А вот и тетрадь со стихами, заветная, труд долгих лет, плод бессонных ночей (подержал на ладони, попробовал на вес). Что, и ее тоже? Олег закрыл глаза и стиснул зубы, издав некое подобие стона. Нет, он не в силах. Ему легче уйти самому, только бы осталась тетрадь…
И она осталась (бережно положил на стол). Теперь приступить к главному. Спрятанный в столе, среди бумаг, револьвер, пуля из тяжелого свинца, вставленная в гнездо барабана, – это стихи, поэтические красоты, как говорится, а в жизни всё проще – обычная веревка. Хорошо хоть не бельевая, а то было бы совсем буднично и прозаично. Толстая, пеньковая: вот она, припасена. Он сделал петлю и просунул в нее голову, примерил, как обнову: годится. Теперь верев ку надо привязать к потолку, да покрепче, чтобы не оборвалась. А то получится водевиль. Водевильчик, знаете ли, этакий. Буффонада. Олег забрался на шаткий стул, выпрямился, стараясь сохранить равновесие. В потолке был крюк, на котором когда‑то висела люстра, затем лампа под абажуром, а затем… ничего не висело, все собирались купить и повесить (он обходился настольной лампой). И вот не надо ничего вешать, а надо по – ве – сить – ся. Возвратная частица! Она все возвратит на свои места.

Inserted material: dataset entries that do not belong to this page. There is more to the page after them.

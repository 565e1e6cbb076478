//! The thread that syncs a journal each second.

use crate::fault::ListenFault;
use crate::journal_state::{JournalState, Reason};
use rs_tcp_sockets::{Epoll, StopSignal};
use std::alloc::{AllocError, Global};
use std::fs::File;
use std::os::fd::AsRawFd;
use std::sync::Arc;
use std::thread::{Builder, JoinHandle, Threads};
use std::time::{Clock, Duration};
use std::{io, thread};

/// The stack of the thread, in bytes. It needs far less; the default is 8 MiB of address space.
const STACK: usize = 256 * 1024;

/// How many seconds it waits between two syncs.
const PAUSE: u64 = 1;

/// How many descriptors the thread needs beside its file: that of the stop, and one by which it waits.
pub(crate) const THREAD_DESCRIPTORS: u8 = 2;

/// A thread that syncs.
#[derive(Drop)]
pub(crate) struct Syncing {
    stop: Arc<StopSignal>,
    thread: JoinHandle<()>,
}

/// Starts the thread that syncs this file each second, and once more at its end. If a sync fails, it ends, and the journal takes no more.
pub(crate) fn start_syncing<H: Clock + Threads + Copy + Send + 'static>(
    rt: H,
    alloc: Global,
    file: File,
    state: Arc<JournalState>,
) -> Result<Syncing, ListenFault> {
    let waiting = Epoll::new()?;
    let stop = Arc::new(alloc, StopSignal::new()?).map_err(|_| AllocError)?;
    waiting.ask_always(stop.as_raw_fd(), 0)?;
    let sync = move || sync_each_second(&rt, &file, &state, &waiting);
    match Builder::new().stack_size(STACK).spawn(&rt, sync) {
        Ok(thread) => Ok(Syncing { stop, thread }),
        Err(_) => Err(ListenFault::NoThread),
    }
}

/// Syncs what was written each second, until the stop is sent.
fn sync_each_second<H: Clock>(rt: &H, file: &File, state: &JournalState, waiting: &Epoll) {
    for _ in 0..u64::MAX {
        let is_over = wait(rt, waiting);
        if state.take_written() && !sync(file, state) {
            break;
        }
        if is_over {
            break;
        }
    }
}

/// Syncs the file. If that fails, the journal takes no more changes.
fn sync(file: &File, state: &JournalState) -> bool {
    match file.sync_data() {
        Ok(()) => true,
        Err(error) => {
            state.fail(Reason::from(error));
            false
        }
    }
}

/// Waits for a second, or until the stop is sent, and tells whether it was.
fn wait<H: Clock>(rt: &H, waiting: &Epoll) -> bool {
    match waiting.wait(&mut [0], Some(Duration::from_secs(PAUSE))) {
        Ok(told) => told > 0,
        Err(_) => {
            thread::sleep(rt, Duration::from_secs(PAUSE));
            false
        }
    }
}

/// Ends the thread once it has synced what was written, and waits for that.
pub(crate) fn end_syncing<H: Threads>(rt: &H, syncing: Syncing) {
    let Syncing { stop, thread } = syncing;
    stop.send();
    thread.join(rt);
}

Олег привязал к крюку веревку и подумал с трезвой основательностью, какая необходимая вещь эти крюки, архитекторам их надо вносить в проекты всех новых зданий, чтобы вешать на них лампы. Или вешаться. Или – или. Комната сверху показалась ему странно изменившейся, словно не его, чужой. Будто и не прожито в ней столько лет. Да, какая‑то незнакомая комната, и он в ней – посторонний. Собственно, его уже и нет. Унесся ввысь синеватым дымком: фю– ить. Раньше он сидел за столом, что‑то писал в свою заветную тетрадь, а теперь не сидит и не пишет. Задумчиво смотрел в окно, подбирал рифму к стихам, а затем снова писал и вот уже не смотрит. И никогда не посмотрит. И окна – нет.

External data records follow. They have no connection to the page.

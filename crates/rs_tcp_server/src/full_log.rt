//! What the log tells of what the store lacks.

use crate::journal_log::JournalLog;
use log::{Log, info, warn};
use rs_intake_line::{Fullness, Lack};
use std::sync::Arc;
use std::sync::atomic::{AtomicU64, Ordering};

/// What the log was told of the store. All turns share it, and whichever sees a change first writes the line.
#[derive(Drop)]
pub struct FullLog {
    fullness: Arc<Fullness>,
    // That of the journal, if there is one.
    journal: Option<JournalLog>,
    // What the store lacked by the last line.
    told: Fullness,
    // The time of the last line.
    last: AtomicU64,
}

impl FullLog {
    /// No line was written yet. With a journal it tells of that, too.
    pub fn new(fullness: Arc<Fullness>, journal: Option<JournalLog>) -> FullLog {
        FullLog {
            fullness,
            journal,
            told: Fullness::new(),
            last: AtomicU64::new(u64::MAX),
        }
    }

    /// Writes a line if the store has come to lack topics or memory, or takes messages again, but at most one a second. What is not told
    /// then is told later, if it is still so. The same of a journal.
    ///
    /// A change that the journal refuses is to the store as one for which there is no memory. So nothing is told of memory while the journal
    /// refuses.
    pub(crate) fn update<H: Log>(&self, rt: &H, time: u64) {
        let lack = self.fullness.lack();
        let is_of_journal = self.update_journal(rt, time);
        if self.told.lack() == lack || (is_of_journal && lack == Lack::Memory) {
            return;
        }
        if self.last.swap(time, Ordering::SeqCst) == time {
            return;
        }
        let before = self.told.swap(lack);
        if before != lack {
            tell(rt, time, before, lack);
        }
    }
}

impl FullLog {
    /// Writes the line of the journal, if one is due, and tells whether it refuses changes.
    fn update_journal<H: Log>(&self, rt: &H, time: u64) -> bool {
        let Some(journal) = &self.journal else {
            return false;
        };
        journal.update(rt, time);
        journal.is_lacking()
    }
}

/// Writes the line that says what the store lacks, or what it lacks no more.
fn tell<H: Log>(rt: &H, time: u64, before: Lack, lack: Lack) {
    match (before, lack) {
        (_, Lack::Topics) => {
            warn!(rt; target: "rstored", "{time} the store is full: a message for a new topic was refused");
        }
        (_, Lack::Memory) => {
            warn!(rt; target: "rstored", "{time} the store has no memory left: a message was refused");
        }
        (Lack::Topics, Lack::Nothing) => {
            info!(rt; target: "rstored", "{time} the store may take new topics again: topics were cleared, or their messages expired");
        }
        (Lack::Nothing | Lack::Memory, Lack::Nothing) => {
            info!(rt; target: "rstored", "{time} the store takes messages again");
        }
    }
}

От этой мысли Олег вздрогнул, и собственная смерть показалась ему каким‑то странным и мучительным недоразумением, которое вдруг так легко разрешилось. Смерть? Да что вы, бог с вами, не надо никакой смерти. И веревки никакой не надо. Это недоразумение, ошибка. Кто‑то из малодушия решил покончить с собой, а этого совсем не требуется. Просто надо сжечь тетрадь, которую он так не хотел сжигать. Не хотел, а надо сжечь. Вот в чем спасение. В ней его срывы, измены и кощунства – все худшее, что висло на нем тяжким грузом, опутывало, словно пау тина. Поэтому сжечь – и вырваться. Вырваться и начать все заново. И самому стать новым.
В тот день Олег уничтожил тетрадь со стихами. Сжег ее уже не с неким подобием стона – нет, Олег не смог сдержать слез, разрыдался, словно над родным дитем, любимым ребенком, приносимым в жертву. И спичка все соскальзывала, срывалась с коробка: рука дрожала…
Обо всем, что случилось, никому не сказал ни слова. С Имар расстался навсегда.